=== Data listing ===
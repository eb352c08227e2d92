// A sink over a writer of std.
ghost use Rattle.std.specs.Prelude.{◌≡◌, ◌<◌, length, IfOk};
ghost use Rattle.std.specs.Io.{WritesAtMost};
ghost use Rattle.std.specs.Io.KnownBytes.{WriteAppends};
ghost use Rattle.ports.specs.Causes.{HasCause};
ghost use Rattle.ports.specs.Counts.{faults_after};

use super::count_moved;
use crate::failed::Failed;
use crate::sink::Sink;
use std::io::Write;

/// A sink over a writer of std. It has written what the writer holds, if that is known; of
/// standard output, a file or a socket nothing is known. It holds no byte back itself, so give it
/// a writer that holds none back either, as the runtime's `stdout()`.
#[derive(Drop)]
pub struct WriteSink<W> {
    writer: W,
    faults: u64,
}

impl<W: Write> WriteSink<W> {
    /// Makes a sink that writes to this writer.
    pub fn new(writer: W) -> Self
        ensures written { ⟦<WriteSink<W> as Sink>⟧.written result ≡ W.contents writer }
        ensures faults { ⟦<WriteSink<W> as Sink>⟧.faults result ≡ 0 }
    {
        WriteSink { writer, faults: 0 }
    }

    /// How many calls have failed, up to 2^64 - 1.
    pub fn fault_count(&self) -> u64
        ensures { result ≡ ⟦<WriteSink<W> as Sink>⟧.faults self.now }
    {
        self.faults
    }
}

impl<W: Write> Sink for WriteSink<W> {
    ghost written = { λ s. W.contents s.writer };

    ghost faults = { λ s. s.faults };

    fn write(&mut self, from: &[u8]) -> Result<usize, Failed>
        ensures bound { WritesAtMost result from.now }
        ensures some { IfOk result (λ n. 0 < length from.now → 0 < n) }
        ensures bytes { WriteAppends (⟦<WriteSink<W> as Sink>⟧.written self.old)
            (⟦<WriteSink<W> as Sink>⟧.written self.new) result from.now }
        ensures cause { HasCause (⟦<WriteSink<W> as Sink>⟧.faults self.old)
            (⟦<WriteSink<W> as Sink>⟧.faults self.new) result }
        ensures faults { ⟦<WriteSink<W> as Sink>⟧.faults self.new
            ≡ faults_after (⟦<WriteSink<W> as Sink>⟧.faults self.old) result }
    {
        let least = from.len().min(1);
        count_moved(self.writer.write(from), least, &mut self.faults)
    }
}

=== Exercise ===
With the line containing "to this writer." as the first and the last line of the records as the final one, print exactly the lines in that span.

=== Answer for the task ===
    /// Makes a sink that writes to this writer.
    pub fn new(writer: W) -> Self
        ensures written { ⟦<WriteSink<W> as Sink>⟧.written result ≡ W.contents writer }
        ensures faults { ⟦<WriteSink<W> as Sink>⟧.faults result ≡ 0 }
    {
        WriteSink { writer, faults: 0 }
    }

    /// How many calls have failed, up to 2^64 - 1.
    pub fn fault_count(&self) -> u64
        ensures { result ≡ ⟦<WriteSink<W> as Sink>⟧.faults self.now }
    {
        self.faults
    }
}

impl<W: Write> Sink for WriteSink<W> {
    ghost written = { λ s. W.contents s.writer };

    ghost faults = { λ s. s.faults };

    fn write(&mut self, from: &[u8]) -> Result<usize, Failed>
        ensures bound { WritesAtMost result from.now }
        ensures some { IfOk result (λ n. 0 < length from.now → 0 < n) }
        ensures bytes { WriteAppends (⟦<WriteSink<W> as Sink>⟧.written self.old)
            (⟦<WriteSink<W> as Sink>⟧.written self.new) result from.now }
        ensures cause { HasCause (⟦<WriteSink<W> as Sink>⟧.faults self.old)
            (⟦<WriteSink<W> as Sink>⟧.faults self.new) result }
        ensures faults { ⟦<WriteSink<W> as Sink>⟧.faults self.new
            ≡ faults_after (⟦<WriteSink<W> as Sink>⟧.faults self.old) result }
    {
        let least = from.len().min(1);
        count_moved(self.writer.write(from), least, &mut self.faults)
    }
}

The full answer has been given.